Ich esse Makrellen fast immer als Steckerlfisch. Hmmm köstlich! Kann mir gar nicht vorstellen, mich damit zu überfressen! 
	

	
	
		
		

		
		
	


	




------------------
Mutter aller Boardferkel
Mitglied der Bayrischen
Angelnationalmanschaft
König des Nordpolarmeers


----------



## Supporter (23. September 2001)

Werde es mal probieren,haben ja genug Makrelen aus Norge mitgebracht

------------------





 Gruß aus Ostwestfalen


----------



## Dorsch1 (23. September 2001)

Hast recht Erich.
Meine Frau kriege ich an so einen Stand nie vorbei,ehe sie nicht eine Makrele hat.
Ein Genuss allererster Sahne.
Kannte ich auch vorher noch nicht.

------------------
Ein großes PETRI HEIL wünscht





 DER DORSCH1


----------



## havkat (23. September 2001)

Habe mich schon mehrmals an Makrelen überfressen!
Knackfrisch aus dem Wasser u. umgehend geräuchert oder gegrillt. (@Dorschkiller: Superrezept!)
Na und? Gibt doch Aquavit! 
	

	
	
		
		

		
		
	


	




------------------
Tight Lines!
havkat (ehemaliges "Ferkel des Monats")


----------



## Thomas9904 (24. September 2001)

Genau chippog, das fehlte noch bei allen Makrelenrezepten:
Bei so nem fettigen Essen nie den Schnaps danach vergessen!!!
MfG
[1 Mal bearbeitet.
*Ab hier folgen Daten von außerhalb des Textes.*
//! The places of a session's parts in its range, counted from the range's first byte (this project's profile).

ghost use Rattle.std.specs.Prelude.{◌≡◌, ◌+◌, ◌*◌, ◌≤◌};
ghost use Rattle.frag_model.specs.Limits.{max_pieces};
ghost use Rattle.flash_session.specs.Layout.{open_gate, body_place, body_size, gates_place, most_records};
ghost use Rattle.flash_session.specs.Layout.{tallies_place, most_tallies, gates_size, records_place};

/// A gate that is open; any other byte is a closed gate. The header's gate is the first byte.
pub const OPEN: u8 = 0xa5;

/// Where the body of the setup begins.
pub const BODY: u32 = 1;

/// Where the gates of records begin.
pub const RECORD_GATES: u32 = 64;

/// Where the gates of fragments that are only counted begin.
pub const TALLY_GATES: u32 = 8257;

/// How many of these gates there are.
pub const MAX_TALLIES: u16 = 16_383;

/// Where the records begin.
pub const RECORDS: u32 = 24_640;

/// How many bytes the gates of records and of tallies have.
pub const GATES: u32 = RECORDS - RECORD_GATES;

/// The numbers of the code are those of the definitions. There are gates for the records of the most pieces, and each part ends
/// no later than the next one begins.
pub fn parts_lie_side_by_side()
    ensures gate { OPEN ≡ open_gate }
    ensures places { (BODY ≡ body_place) × (RECORD_GATES ≡ gates_place)
        × (TALLY_GATES ≡ tallies_place)
        × (RECORDS ≡ records_place) }
    ensures counts { (MAX_TALLIES ≡ most_tallies) × (GATES ≡ gates_size)
        × (2 * max_pieces + 1 ≡ most_records) }
    ensures apart { (body_place + body_size ≤ gates_place)
        × (gates_place + most_records ≡ tallies_place)
        × (tallies_place + most_tallies ≡ records_place)
        × (gates_place + gates_size ≡ records_place) }
{}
Als letztes von Thomas9904 am 24-09-2001 um 06:56.]


----------



## chippog (24. September 2001)

von euch scheint ja noch keiner diese fantastischen makrelen gegessen zu haben, die der begnadete angler liebevoll in einen schwarzen plastiksack gesteckt hat, damit sie auch von der sonne so richtig schön verwöhnt werden, um sie dann nach mehrmonatigem einfrieren als krönung eines festessen auf den tisch zu zaubern. wenn dann das ranzige makrelenfett im hals so richtig schön jojo spielt, hilft aller aquavit der welt nicht mehr. prost mahlzeit. solche makrelen benutze ich nicht einmal mehr als rubby dubby.... genug geschwärmt. lieber eine perfekte makrele und trotzdem einen aquavit. in diesem sinne:

------------------
skit fiske! christian, der chippog, göteborg


----------